Upper Buckatabon Springs

Photo by Randy Hoffman


Overview

Location

Vilas County. T41N-R9E, Sections 10, 11. 279 acres.

Description

Description

Upper Buckatabon Springs features a complex of at least five undeveloped soft-water springs and spring ponds that drain into the upper reaches of the Wisconsin River. Collectively, these springs are highly important in maintaining water quality and quantity of the upper Wisconsin River. Such a concentration of soft-water springs is unusual in this region and within this watershed. Club-spur orchids grow along the spring pond margin while emergent and floating-leaved aquatics are found within the springs. The stream supports an abundance of aquatic macrophyte vegetation that provides significant habitat for aquatic invertebrates and other native wildlife species. Associated wetlands include shrubby shore fen, alder thicket, northern sedge meadow, and tamarack swamp. The surrounding uplands support good quality stands of mixed red pine and white pine with some mature jack pine present locally. A tiny stand and scattered inclusions of old growth red pine occur on a narrow ridge and a steep side slope in the northeastern corner of the site. Fire scars are common on many of these larger trees. Along some of the swamp margins are mature second growth stands of spruce and fir with scattered large remnant white cedars. Mature big-tooth aspen with red oak is present in the northeastern most forty. Upper Buckatabon Springs is owned by the DNR and the Board of Commissioners of Public Lands. It was designated a State Natural Area in 2010.

Access

Driving directions

From the intersection of US Highway 45 and the Michigan border, go south on 45 8.5 miles, then west on County K 4.7 miles to Buckatabon Creek. The site lies north of the road.

Ownership

Upper Buckatabon Springs is owned by:

  • WDNR

Maps

The DNR's state natural areas program is comprised of lands owned by the state, private conservation organizations, municipalities, other governmental agencies, educational institutions and private individuals. While the majority of SNAs are open to the public, access may vary according to individual ownership policies. Public use restrictions may apply due to public safety, or to protect endangered or threatened species or unique natural features. Lands may be temporarily closed due to specific management activities. Users are encouraged to contact the landowner for more specific details.

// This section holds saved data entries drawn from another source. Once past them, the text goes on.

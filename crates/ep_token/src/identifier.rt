//! Identifiers and word symbols (ISO 10206, 6.1.2 and 6.1.3).

ghost use Rattle.std.specs.Prelude.{◌≡◌, ◌<◌, ◌≤◌, true, length, slice_index};
ghost use Rattle.std.specs.Char.{is_ascii_alphabetic};
ghost use Rattle.ep_token.specs.Reading as spec;
ghost use Rattle.ep_token.specs.Reading.{Gives, name_at, name_end};

use crate::piece::Piece;
use crate::refusal::TokenRefusal;
use crate::token::TokenKind;
use crate::word::word_of;
use ep_base::{Line, Name, NameRefusal};
use std::alloc::Global;

/// The identifier or word symbol at the front, which begins with a letter.
#[tactic(auto, unfolding(crate::specs::Reading::name_at))]
pub(crate) fn name_at(alloc: Global, line: Line, bytes: &[u8]) -> Result<Piece, TokenRefusal>
    requires some { 0 < length bytes.now }
    requires letter { is_ascii_alphabetic (slice_index bytes.now 0) ≡ true }
    ensures { Gives result (name_at line bytes.now) }
{
    let len = name_end(bytes);
    match Name::from_bytes(alloc, &bytes[..len]) {
        Ok(name) => {
            let word = word_of(name.bytes());
            Ok((len, Some(name_kind(word, name))))
        }
        Err(NameRefusal::TooLong(_)) => Err(TokenRefusal::LongName(line)),
        Err(NameRefusal::NoMemory) => Err(TokenRefusal::NoMemory),
        Err(NameRefusal::NotAName) => unreachable!(),
    }
}

/// A word symbol, if it is one, and else an identifier.
fn name_kind(word: Option<u8>, name: Name) -> TokenKind
    ensures { result ≡ spec.name_kind word name }
{
    match word {
        None => TokenKind::Id(name),
        Some(word) => TokenKind::Word(word),
    }
}

/// The end of the longest identifier at the front.
#[tactic(auto, using(crate::proofs::Names::walk))]
fn name_end(bytes: &[u8]) -> usize
    ensures end { result ≡ name_end true 0 0 bytes.now }
    ensures within { result ≤ length bytes.now }
{
    let mut end = 0;
    // No identifier begins with an underscore, as none has two in a row.
    let mut underscore = true;
    for (i, byte) in bytes.iter().enumerate() {
        if byte.is_ascii_alphanumeric() {
            end = i + 1;
            underscore = false;
        } else if *byte == b'_' && !underscore {
            underscore = true;
        } else {
            return end;
        }
    }
    end
}
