//! What a token is.

use ep_base::{Bytes, Line, Name};

/// A token: the bytes `start..end` of the source, on the line where it begins.
#[derive(Drop)]
pub struct Token {
    pub kind: TokenKind,
    pub line: Line,
    pub start: u32,
    pub end: u32,
}

/// The kind of a token, with what it means (ISO 10206, 6.1).
#[derive(Drop)]
pub enum TokenKind {
    /// A word symbol, one of `word`.
    Word(u8),
    /// An identifier, in lower case.
    Id(Name),
    /// An unsigned number, at most maxint.
    Number(i64),
    /// A character string: the bytes between its quotes, where each doubled quote is one.
    Str(Bytes),
    /// A special symbol, one of `symbol`.
    Sym(u8),
}
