//! The calls under way and their frames.

ghost use Rattle.std.specs.Bool.{OnTrue, OnFalse};
ghost use Rattle.std.specs.Prelude.{◌^◌, IfSome, IsTrue, is_some, ◌≡◌, ◌<◌, ◌≤◌, ℕ, List, [], ◌∷◌, ◌++◌, Option, Some, None, MatchOption, OnOk, option_map, slice_get, slice_set, length, map, take, drop, reverse};
ghost use Rattle.ep_object.specs.Calls.{new_frame, word_of};
ghost use Rattle.ep_object.specs.Frames.{call_at, found_by};
ghost use Rattle.std.specs.Prelude.{◌+◌};
ghost use Rattle.ep_frames.specs.Calls.{innermost_routine, innermost_slots, innermost_parent, IsSlot, bound, placed, first, innermost_made, innermost_back, rest_of, argument_of, argument_among, operand_of, place_of, operands_in, StartsWith, without};
ghost use Rattle.ep_object.specs.Operands.{weight};

use crate::members::Members;
use crate::stack::Stack;
use ep_base::Bytes;
use ep_object::{FrameNumber, ImageRoutine, Place};
use std::alloc::Global;
use std::marker::Model;

/// An argument of a call.
#[derive(Drop)]
pub enum Argument {
    /// A word.
    Word(i64),
    /// A place.
    Place(Place),
    /// A text.
    Text(Bytes),
    /// A value of many words, with the number of its type.
    Value(u32, Vec<i64>),
    /// A set.
    Set(Members),
}

impl Argument {
    /// How many ticks it costs to push it, besides the one of each instruction.
    fn weight(&self) -> u64
        ensures weight { result ≡ weight (operand_of self.now) }
        ensures small { result < 2 ^ 63 }
    {
        match self {
            Argument::Text(bytes) => bytes.items().len() as u64,
            Argument::Value(_, words) => words.len() as u64,
            Argument::Word(_) | Argument::Place(_) | Argument::Set(_) => 0,
        }
    }

    /// The word that it is, where it is one.
    #[inline(always)]
    fn word(&self) -> Option<i64>
        ensures { result ≡ word_of (operand_of self.now) }
    {
        match self {
            Argument::Word(w) => Some(*w),
            _ => None,
        }
    }
}

/// A call under way. Its slots and arguments stand among those of all calls, behind those of the calls below it, and
/// so do the segments that were made in it.
#[derive(Clone, Copy, Drop)]
pub struct Activation {
    /// The routine.
    pub routine: u32,
    /// The frame in which the routine is declared.
    pub parent: FrameNumber,
    /// The place at which the caller goes on.
    pub back: u32,
    /// How many slots stand before its own.
    pub slots_from: usize,
    /// How many slots it has.
    pub slots: usize,
    /// How many arguments stand before its own.
    pub arguments_from: usize,
    /// How many arguments it has.
    pub arguments: usize,
    /// How many segments were made before.
    pub made_from: usize,
}

/// The frames of all calls under way, which contracts see with the innermost first.
#[derive(Drop)]
pub struct Calls {
    calls: Vec<Activation>,
    slots: Vec<Option<Place>>,
    arguments: Vec<Option<Argument>>,
    made: Vec<u64>,
}

impl Model for Calls {
    ghost use Rattle.std.specs.Prelude.{List, reverse, length};
    ghost use Rattle.ep_object.specs.State.{Frame};
    ghost use Rattle.ep_frames.specs.Calls.{frames_over, operands_in, AreBelow};

    ghost Value = { List Frame };

    ghost view = { λ s. frames_over s.slots.items (operands_in s.arguments.items) s.made.items
        (reverse s.calls.items) };

    ghost invariant = { λ s. AreBelow (length s.slots.items) (length s.arguments.items)
        (length s.made.items) (reverse s.calls.items) };
}

/// The call over so many others.
fn call(calls: &[Activation], number: usize) -> Option<Activation>
    ensures { result ≡ slice_get calls.now number }
{
    calls.get(number).copied()
}

/// The innermost call.
#[inline(always)]
fn last(calls: &[Activation]) -> Option<Activation>
    ensures { result ≡ first (reverse calls.now) }
{
    if calls.is_empty() {
        return None;
    }
    Some(calls[calls.len() - 1])
}

impl Calls {
    /// No calls.
    pub fn new(alloc: Global) -> Calls
        ensures { result ≡ [] }
    {
        Calls {
            calls: Vec::new(alloc),
            slots: Vec::new(alloc),
            arguments: Vec::new(alloc),
            made: Vec::new(alloc),
        }
    }

    /// How many there are.
    #[tactic(auto, using(crate::proofs::CallFrames::frames_count))]
    #[inline(always)]
    pub fn count(&self) -> usize
        ensures { result ≡ length self.now }
    {
        self.calls.len()
    }

    /// The routine of the innermost call.
    #[inline(always)]
    pub fn routine(&self) -> Option<u32>
        ensures { result ≡ innermost_routine self.now }
    {
        match last(&self.calls) {
            Some(call) => Some(call.routine),
            None => None,
        }
    }

    /// The slots of the innermost call.
    #[inline(always)]
    pub fn slots(&self) -> Option<&[Option<Place>]>
        ensures { option_map (λ s. s.now) result ≡ innermost_slots self.now }
    {
        if self.calls.is_empty() {
            return None;
        }
        let call = self.calls[self.calls.len() - 1];
        Some(&self.slots[call.slots_from..call.slots_from + call.slots])
    }

    /// The frame in which the routine of the innermost call is declared.
    pub fn parent(&self) -> Option<FrameNumber>
        ensures { result ≡ innermost_parent self.now }
    {
        if self.calls.is_empty() {
            return None;
        }
        Some(self.calls[self.calls.len() - 1].parent)
    }

    /// The frame in which the routine is declared of the call over so many others.
    #[tactic(auto, using(crate::proofs::CallFrames::parent_of_call))]
    pub fn parent_at(&self, number: usize) -> Option<FrameNumber>
        ensures { result ≡ option_map (λ c. c.parent) (call_at self.now number) }
    {
        let Some(call) = call(&self.calls, number) else {
            return None;
        };
        Some(call.parent)
    }

    /// The slots of the call over so many others.
    #[tactic(auto, using(crate::proofs::CallFrames::slots_of_call, crate::proofs::CallFrames::slots_within))]
    pub fn slots_at(&self, number: usize) -> Option<&[Option<Place>]>
        ensures { option_map (λ s. s.now) result
            ≡ option_map (λ c. c.slots) (call_at self.now number) }
    {
        let Some(call) = call(&self.calls, number) else {
            return None;
        };
        Some(&self.slots[call.slots_from..call.slots_from + call.slots])
    }

    /// A slot of the innermost call holds the place of a variable that was made in it. Answers whether there was memory.
    pub fn place(&mut self, slot: usize, place: Place, segment: u64) -> bool
        requires { IsSlot self.old slot }
        ensures placed { OnTrue result (self.new ≡ placed self.old slot place segment) }
        ensures kept { OnFalse result (self.new ≡ self.old) }
    {
        let Some(call) = last(&self.calls) else {
            return false;
        };
        if self.made.push(segment).is_err() {
            return false;
        }
        self.slots[call.slots_from + slot] = Some(place);
        true
    }

    /// A slot of the innermost call holds a place. Answers whether there is one.
    pub fn bind(&mut self, slot: usize, place: Place) -> bool
        requires { IsSlot self.old slot }
        ensures bound { OnTrue result (self.new ≡ bound self.old slot place) }
        ensures kept { OnFalse result (self.new ≡ self.old) }
    {
        let Some(call) = last(&self.calls) else {
            return false;
        };
        self.slots[call.slots_from + slot] = Some(place);
        true
    }

    /// The segments that were made in the innermost call.
    pub fn made(&self) -> Option<&[u64]>
        ensures { option_map (λ s. s.now) result ≡ innermost_made self.now }
    {
        let Some(call) = last(&self.calls) else {
            return None;
        };
        Some(&self.made[call.made_from..])
    }

    /// The place at which the caller of the innermost call goes on.
    pub fn back(&self) -> Option<u32>
        ensures { result ≡ innermost_back self.now }
    {
        match last(&self.calls) {
            Some(call) => Some(call.back),
            None => None,
        }
    }

    /// A routine is called, which takes its arguments from the operands and goes on at a place when it is left. Answers
    /// whether there was memory.
    #[inline(always)]
    pub fn enter(
        &mut self,
        number: u32,
        routine: ImageRoutine,
        parent: FrameNumber,
        back: u32,
        alloc: Global,
        stack: &mut Stack,
    ) -> bool
        requires { routine.arguments ≤ length stack.old }
        ensures entered { OnTrue result (self.new ≡ new_frame number routine parent back
            (take routine.arguments stack.old) ∷ self.old) }
        ensures below { OnTrue result (stack.new ≡ drop routine.arguments stack.old) }
        ensures kept { OnFalse result (self.new ≡ self.old) }
    {
        let call = Activation {
            routine: number,
            parent,
            back,
            slots_from: self.slots.len(),
            slots: routine.slots as usize,
            arguments_from: self.arguments.len(),
            arguments: routine.arguments as usize,
            made_from: self.made.len(),
        };
        if !take_arguments(call.arguments, stack, &mut self.arguments) {
            return false;
        }
        if self
            .slots
            .resize(call.slots_from + call.slots, None)
            .is_err()
        {
            return false;
        }
        self.calls.push(call).is_ok()
    }

    /// The innermost call is no longer under way.
    #[tactic(auto, using(crate::proofs::CallFrames::left_view, crate::proofs::CallFrames::left_below))]
    pub fn leave(&mut self)
        ensures { self.new ≡ rest_of self.old }
    {
        let Some(call) = self.calls.pop() else {
            return;
        };
        self.made.truncate(call.made_from);
        self.slots.truncate(call.slots_from);
        self.arguments.truncate(call.arguments_from);
    }

    /// The weight of an argument of the innermost call.
    #[tactic(auto, using(crate::proofs::CallFrames::argument_view))]
    pub fn weight(&self, number: usize) -> Option<u64>
        ensures weight { result ≡ option_map weight (argument_of self.now number) }
        ensures small { IfSome result (λ w. w < 2 ^ 63) }
    {
        let Some(call) = last(&self.calls) else {
            return None;
        };
        match find_argument(call, number, &self.arguments) {
            Some(argument) => Some(argument.weight()),
            None => None,
        }
    }

    /// Takes an argument out of the innermost call, where it is there.
    #[tactic(auto, using(crate::proofs::CallFrames::without_view, crate::proofs::CallFrames::argument_view))]
    #[inline(never)]
    pub fn take(&mut self, number: usize) -> Option<Argument>
        requires { IsTrue (is_some (argument_of self.old number)) }
        ensures taken { option_map operand_of result ≡ argument_of self.old number }
        ensures left { self.new ≡ without self.old number }
    {
        let Some(call) = last(&self.calls) else {
            return None;
        };
        self.arguments[call.arguments_from + (call.arguments - number - 1)].take()
    }

    /// An argument of the innermost call that is a place.
    #[tactic(auto, using(crate::proofs::CallFrames::argument_view))]
    #[inline(always)]
    pub fn place_given(&self, number: usize) -> Option<Place>
        ensures { result ≡ found_by (argument_of self.now number) place_of }
    {
        let Some(call) = last(&self.calls) else {
            return None;
        };
        match find_argument(call, number, &self.arguments) {
            Some(Argument::Place(place)) => Some(*place),
            _ => None,
        }
    }

    /// An argument of the innermost call that is a word.
    #[tactic(auto, using(crate::proofs::CallFrames::argument_view))]
    #[inline(always)]
    pub fn word(&self, number: usize) -> Option<i64>
        ensures { result ≡ found_by (argument_of self.now number) word_of }
    {
        let Some(call) = last(&self.calls) else {
            return None;
        };
        match find_argument(call, number, &self.arguments) {
            Some(argument) => argument.word(),
            None => None,
        }
    }
}

/// So many operands are taken from the top and become arguments, the top one first. Answers whether there was memory.
#[tactic(auto, using(crate::proofs::CallEntry::taken_one, crate::proofs::CallEntry::left_one))]
#[inline(always)]
fn take_arguments(count: usize, stack: &mut Stack, arguments: &mut Vec<Option<Argument>>) -> bool
    requires { count ≤ length stack.old }
    ensures taken { OnTrue result (operands_in arguments.new.items
        ≡ operands_in arguments.old.items ++ map Some (take count stack.old)) }
    ensures below { OnTrue result (stack.new ≡ drop count stack.old) }
    ensures before { StartsWith arguments.old.items arguments.new.items }
{
    for taken in 0..count {
        let Some(argument) = stack.pop_argument() else {
            return false;
        };
        if arguments.push(Some(argument)).is_err() {
            return false;
        }
    }
    true
}

/// An argument of a call, the first one for 0.
#[tactic(auto, using(crate::proofs::CallFrames::argument_read, crate::proofs::CallFrames::argument_past))]
#[inline(always)]
fn find_argument(
    call: Activation,
    number: usize,
    arguments: &[Option<Argument>],
) -> Option<&Argument>
    requires { call.arguments_from + call.arguments ≤ length arguments.now }
    ensures { option_map (λ a. operand_of a.now) result ≡ argument_among call number (operands_in arguments.now) }
{
    if number >= call.arguments {
        return None;
    }
    arguments[call.arguments_from + (call.arguments - number - 1)].as_ref()
}
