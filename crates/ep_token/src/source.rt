//! The tokens of a whole source text.

ghost use Rattle.std.specs.Prelude.{◌≡◌, ◌⊎◌, ℕ, ◌+◌, ◌<◌, ◌≤◌, ◌^◌, ◌==◌, List, ◌++◌, length};
ghost use Rattle.std.specs.Prelude.{map, count_by, Option, IfOk, OnOk, IsErrOf, IsOkUnless};
ghost use Rattle.std.specs.Option.{option_to_list};
ghost use Rattle.ep_token.specs.declared.refusal.TokenRefusal.{TokenRefusal};
ghost use Rattle.ep_token.specs.declared.token.Token.{Token};
ghost use Rattle.ep_token.specs.Tokens.{AreInOrder, Stuck, Tokens, token_of};

use crate::piece::piece_at;
use crate::refusal::TokenRefusal;
use crate::token::{Token, TokenKind};
use ep_base::Line;
use std::alloc::{AllocError, Global};

/// The greatest number of bytes of a source text.
pub const MAX_SOURCE: usize = 1_048_576;

/// The tokens of a source text, or the refusal of the first place where nothing can be taken.
pub fn tokens(alloc: Global, source: &[u8]) -> Result<Vec<Token>, TokenRefusal>
    requires { length source.now ≤ MAX_SOURCE }

    // The list is the text's, and no other list is.
    ensures found { IfOk result (λ found. Tokens source.now found.items) }
    ensures only { IfOk result (λ found. (list : List Token) → Tokens source.now list → list ≡ found.items) }
    ensures order { IfOk result (λ found. AreInOrder 0 found.items (length source.now)) }

    // A text that has tokens is answered with them, unless memory is wanting.
    ensures accepted { (list : List Token) → Tokens source.now list → IsOkUnless result TokenRefusal.NoMemory }

    // A refusal is that of the place where the text is stuck, and a text that is stuck is refused.
    ensures refused { (refusal : TokenRefusal) → IsErrOf result refusal
        → (refusal ≡ TokenRefusal.NoMemory) ⊎ ((place : ℕ) × Stuck source.now place refusal) }
    ensures stuck { (place : ℕ) (refusal : TokenRefusal) → Stuck source.now place refusal
        → IsErrOf result refusal ⊎ IsErrOf result TokenRefusal.NoMemory }
{
    scan(alloc, source)
}

/// A text has one list of tokens or one place where it is stuck, and not both.
pub fn one_reading()
    ensures some { (bytes : List ℕ) → ((list : List Token) × Tokens bytes list)
        ⊎ ((place : ℕ) × (refusal : TokenRefusal) × Stuck bytes place refusal) }
    ensures list { (bytes : List ℕ) (list other : List Token) → Tokens bytes list → Tokens bytes other → list ≡ other }
    ensures apart { (bytes : List ℕ) (list : List Token) (place : ℕ) (refusal : TokenRefusal)
        → Tokens bytes list → Stuck bytes place refusal → ⊥ }
    ensures place { (bytes : List ℕ) (place other : ℕ) (refusal cause : TokenRefusal)
        → Stuck bytes place refusal → Stuck bytes other cause → (place ≡ other) × (refusal ≡ cause) }
{}

/// Reads a text piece by piece, each byte of it once but for the end of a string that is not closed.
fn scan(alloc: Global, source: &[u8]) -> Result<Vec<Token>, TokenRefusal>
    requires { length source.now ≤ MAX_SOURCE }
    ensures found { IfOk result (λ found. Tokens source.now found.items) }
    ensures refused { (refusal : TokenRefusal) → IsErrOf result refusal
        → (refusal ≡ TokenRefusal.NoMemory) ⊎ ((place : ℕ) × Stuck source.now place refusal) }
{
    let mut found = Vec::new(alloc);
    let mut place = 0;
    let mut line = 1;
    while place < source.len() {
        let rest = &source[place..];
        let (len, kind) = piece_at(alloc, line, rest)?;
        push_token(&mut found, kind, line, place as u32, (place + len) as u32)?;
        line += line_ends(&rest[..len]);
        place += len;
    }
    Ok(found)
}

/// Adds a token at the end, if the piece is one.
fn push_token(
    found: &mut Vec<Token>,
    kind: Option<TokenKind>,
    line: Line,
    start: u32,
    end: u32,
) -> Result<(), AllocError>
    ensures { OnOk result (found.new.items ≡ found.old.items ++ map (token_of line start end) (option_to_list kind)) }
{
    if let Some(kind) = kind {
        found.push(Token {
            kind,
            line,
            start,
            end,
        })?;
    }
    Ok(())
}

/// The number of lines that end in a text.
fn line_ends(text: &[u8]) -> u32
    requires { length text.now ≤ MAX_SOURCE }
    ensures { result ≡ count_by (λ b. b == 10) text.now }
{
    text.iter().filter(|byte| **byte == b'\n').count() as u32
}
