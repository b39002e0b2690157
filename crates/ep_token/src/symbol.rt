//! The special symbols (ISO 10206, 6.1.2), by their places in the list of all of them.

ghost use Rattle.std.specs.Prelude.{◌≡◌};
ghost use Rattle.ep_token.specs.Reading.{symbol_of};
ghost use Rattle.ep_token.specs.Symbols.{reference_spelling};

use crate::spelling::place_of;

/// `+`
pub const PLUS: u8 = 0;

/// `-`
pub const MINUS: u8 = 1;

/// `*`
pub const STAR: u8 = 2;

/// `=`
pub const EQUAL: u8 = 3;

/// `<`
pub const LESS: u8 = 4;

/// `>`
pub const GREATER: u8 = 5;

/// `(`
pub const LEFT_PARENTHESIS: u8 = 6;

/// `)`
pub const RIGHT_PARENTHESIS: u8 = 7;

/// `[`
pub const LEFT_BRACKET: u8 = 8;

/// `]`
pub const RIGHT_BRACKET: u8 = 9;

/// `.`
pub const PERIOD: u8 = 10;

/// `,`
pub const COMMA: u8 = 11;

/// `:`
pub const COLON: u8 = 12;

/// `;`
pub const SEMICOLON: u8 = 13;

/// `^`
pub const CARET: u8 = 14;

/// `<>`
pub const NOT_EQUAL: u8 = 15;

/// `<=`
pub const AT_MOST: u8 = 16;

/// `>=`
pub const AT_LEAST: u8 = 17;

/// `:=`
pub const ASSIGN: u8 = 18;

/// `..`
pub const RANGE: u8 = 19;

/// `=>`
pub const EXPORTED_AS: u8 = 20;

/// `><`
pub const SYMMETRIC_DIFFERENCE: u8 = 21;

/// The symbols themselves, in their order.
const SPELLINGS: [&[u8]; 22] = [
    b"+", b"-", b"*", b"=", b"<", b">", b"(", b")", b"[", b"]", b".", b",", b":", b";", b"^",
    b"<>", b"<=", b">=", b":=", b"..", b"=>", b"><",
];

/// The symbol that a text stands for, in either spelling.
pub(crate) fn symbol_of(text: &[u8]) -> Option<u8>
    ensures { result ≡ symbol_of text.now }
{
    match place_of(&SPELLINGS, reference_spelling(text)) {
        None => None,
        Some(place) => Some(place as u8),
    }
}

/// The first spelling of the symbol that has two.
fn reference_spelling(text: &[u8]) -> &[u8]
    ensures { result.now ≡ reference_spelling text.now }
{
    if text == b"(.".as_slice() {
        b"["
    } else if text == b".)".as_slice() {
        b"]"
    } else if text == b"@".as_slice() {
        b"^"
    } else {
        text
    }
}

The data shown on these maps have been obtained from various sources, and are of varying age, reliability, and resolution. The data may contain errors or omissions and should not be interpreted as a legal representation of legal ownership boundaries.

Recreation

Very few State Natural Areas have public facilities, but nearly all are open for a variety of recreational activities as indicated below. Generally, there are no picnic areas, restrooms, or other developments. Parking lots or designated parking areas are noted on individual SNA pages and maps. Trails, if present, are typically undesignated footpaths. If a developed trail is present, it will normally be noted on the SNA map and/or under the "Access" tab. A compass and topographic map or a GPS unit are useful tools for exploring larger, isolated SNAs.

Allowable activities

In general, the activities listed below are allowed on all DNR-owned SNA lands. Exceptions to this list of public uses, such as SNAs closed to hunting, are noted under the "Access" tab above and posted with signs on site.

  • Hiking
  • Fishing
  • Cross country skiing
  • Hunting
  • Trapping

Prohibited activities

  • Camping and campfires
  • Collecting of animals (other than legally harvested species), non-edible fungi, rocks, minerals, fossils, archaeological artifacts, soil, downed wood, or any other natural material, alive or dead. Collecting for scientific research requires a permit issued by the DNR
  • Collecting of plants including seeds, roots or other non-edible parts of herbaceous plants such as wildflowers or grasses
  • Drone use, unless authorized by a SNA research permit
  • Geocaching
  • Horseback riding
  • Rock climbing
  • Vehicles, including bicycles, ATVs, aircraft, and snowmobiles except on trails and roadways designated for their use

For rules governing state-owned SNAs and other state lands, please consult Chapter NR 45 Wis. Admin. Code [exit DNR]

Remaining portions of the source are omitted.